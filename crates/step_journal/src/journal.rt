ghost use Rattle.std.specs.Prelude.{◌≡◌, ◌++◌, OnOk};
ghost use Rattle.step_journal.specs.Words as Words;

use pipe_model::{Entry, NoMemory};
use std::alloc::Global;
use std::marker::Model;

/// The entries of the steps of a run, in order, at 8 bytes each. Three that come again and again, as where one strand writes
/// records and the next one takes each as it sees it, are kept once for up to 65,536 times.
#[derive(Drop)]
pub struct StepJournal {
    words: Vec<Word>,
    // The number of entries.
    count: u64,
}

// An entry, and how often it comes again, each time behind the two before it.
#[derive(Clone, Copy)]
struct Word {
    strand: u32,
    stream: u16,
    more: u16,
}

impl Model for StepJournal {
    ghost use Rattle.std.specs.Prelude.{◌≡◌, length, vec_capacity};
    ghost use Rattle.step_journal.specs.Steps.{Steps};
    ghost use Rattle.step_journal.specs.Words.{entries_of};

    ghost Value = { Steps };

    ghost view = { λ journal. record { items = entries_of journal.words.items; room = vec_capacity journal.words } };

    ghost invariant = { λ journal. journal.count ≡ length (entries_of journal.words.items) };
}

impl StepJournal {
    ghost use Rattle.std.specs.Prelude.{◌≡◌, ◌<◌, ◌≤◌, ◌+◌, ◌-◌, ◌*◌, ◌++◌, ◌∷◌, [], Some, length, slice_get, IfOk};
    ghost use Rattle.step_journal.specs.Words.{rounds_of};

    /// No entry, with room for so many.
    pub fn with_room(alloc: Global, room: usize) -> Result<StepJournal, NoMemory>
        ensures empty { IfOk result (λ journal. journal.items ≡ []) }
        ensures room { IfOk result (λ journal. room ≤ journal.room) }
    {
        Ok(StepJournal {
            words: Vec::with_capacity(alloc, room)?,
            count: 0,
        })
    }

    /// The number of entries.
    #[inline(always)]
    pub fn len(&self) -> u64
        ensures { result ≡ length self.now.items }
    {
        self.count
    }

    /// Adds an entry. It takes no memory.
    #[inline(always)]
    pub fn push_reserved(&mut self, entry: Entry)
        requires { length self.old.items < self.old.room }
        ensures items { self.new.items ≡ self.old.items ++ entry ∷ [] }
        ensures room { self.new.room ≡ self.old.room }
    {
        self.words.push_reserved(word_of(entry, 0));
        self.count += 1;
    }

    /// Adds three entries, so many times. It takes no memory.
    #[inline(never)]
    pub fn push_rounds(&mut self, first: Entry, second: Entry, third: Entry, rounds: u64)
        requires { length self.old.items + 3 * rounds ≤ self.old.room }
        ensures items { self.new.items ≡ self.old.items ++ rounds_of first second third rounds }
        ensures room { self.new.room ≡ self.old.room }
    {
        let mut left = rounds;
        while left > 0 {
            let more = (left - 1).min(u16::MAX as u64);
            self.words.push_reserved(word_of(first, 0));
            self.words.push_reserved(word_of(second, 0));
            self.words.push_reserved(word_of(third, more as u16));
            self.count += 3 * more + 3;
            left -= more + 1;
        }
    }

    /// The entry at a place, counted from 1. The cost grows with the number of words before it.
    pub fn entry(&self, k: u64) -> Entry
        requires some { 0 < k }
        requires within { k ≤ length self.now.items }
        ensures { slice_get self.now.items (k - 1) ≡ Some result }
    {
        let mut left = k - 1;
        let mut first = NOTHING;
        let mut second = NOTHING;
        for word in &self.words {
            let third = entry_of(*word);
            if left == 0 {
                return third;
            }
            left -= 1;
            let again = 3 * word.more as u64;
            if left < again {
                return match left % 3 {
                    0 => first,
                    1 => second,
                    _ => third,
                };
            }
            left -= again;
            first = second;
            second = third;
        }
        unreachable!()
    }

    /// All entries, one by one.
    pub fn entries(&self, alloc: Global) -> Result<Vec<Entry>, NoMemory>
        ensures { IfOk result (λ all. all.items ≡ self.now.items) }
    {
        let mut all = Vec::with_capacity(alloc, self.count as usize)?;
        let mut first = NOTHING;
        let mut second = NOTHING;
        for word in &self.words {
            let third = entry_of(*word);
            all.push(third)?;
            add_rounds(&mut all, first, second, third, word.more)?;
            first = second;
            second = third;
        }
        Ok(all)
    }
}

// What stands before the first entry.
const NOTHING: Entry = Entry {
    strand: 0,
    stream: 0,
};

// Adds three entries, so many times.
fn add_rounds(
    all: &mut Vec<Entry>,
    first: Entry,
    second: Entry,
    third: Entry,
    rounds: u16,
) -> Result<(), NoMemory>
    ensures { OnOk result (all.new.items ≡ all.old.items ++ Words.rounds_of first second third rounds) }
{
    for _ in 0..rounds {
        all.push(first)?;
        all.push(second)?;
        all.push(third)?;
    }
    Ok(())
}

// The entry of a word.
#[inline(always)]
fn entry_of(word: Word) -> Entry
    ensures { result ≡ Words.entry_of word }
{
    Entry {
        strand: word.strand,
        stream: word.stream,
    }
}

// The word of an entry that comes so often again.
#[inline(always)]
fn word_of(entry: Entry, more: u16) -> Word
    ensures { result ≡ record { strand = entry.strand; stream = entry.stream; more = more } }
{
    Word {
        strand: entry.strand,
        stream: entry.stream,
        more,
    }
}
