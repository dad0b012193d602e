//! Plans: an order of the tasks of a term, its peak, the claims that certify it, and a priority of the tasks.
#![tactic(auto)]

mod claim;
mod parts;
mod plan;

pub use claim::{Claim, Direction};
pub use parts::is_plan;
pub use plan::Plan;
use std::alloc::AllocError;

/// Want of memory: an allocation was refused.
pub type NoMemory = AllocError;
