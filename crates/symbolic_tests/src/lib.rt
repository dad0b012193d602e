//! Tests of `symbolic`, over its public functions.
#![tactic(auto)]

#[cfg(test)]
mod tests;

Assignment
If a line comes after the one that contains "λ journal. record", leave it out; return every line of the entries up to that point exactly, starting with the first, with that line included.

Exercise result
filename crates/step_journal/src/journal.rt
ghost use Rattle.std.specs.Prelude.{◌≡◌, ◌++◌, OnOk};
ghost use Rattle.step_journal.specs.Words as Words;

use pipe_model::{Entry, NoMemory};
use std::alloc::Global;
use std::marker::Model;

/// The entries of the steps of a run, in order, at 8 bytes each. Three that come again and again, as where one strand writes
/// records and the next one takes each as it sees it, are kept once for up to 65,536 times.
#[derive(Drop)]
pub struct StepJournal {
    words: Vec<Word>,
    // The number of entries.
    count: u64,
}

// An entry, and how often it comes again, each time behind the two before it.
#[derive(Clone, Copy)]
struct Word {
    strand: u32,
    stream: u16,
    more: u16,
}

impl Model for StepJournal {
    ghost use Rattle.std.specs.Prelude.{◌≡◌, length, vec_capacity};
    ghost use Rattle.step_journal.specs.Steps.{Steps};
    ghost use Rattle.step_journal.specs.Words.{entries_of};

    ghost Value = { Steps };

    ghost view = { λ journal. record { items = entries_of journal.words.items; room = vec_capacity journal.words } };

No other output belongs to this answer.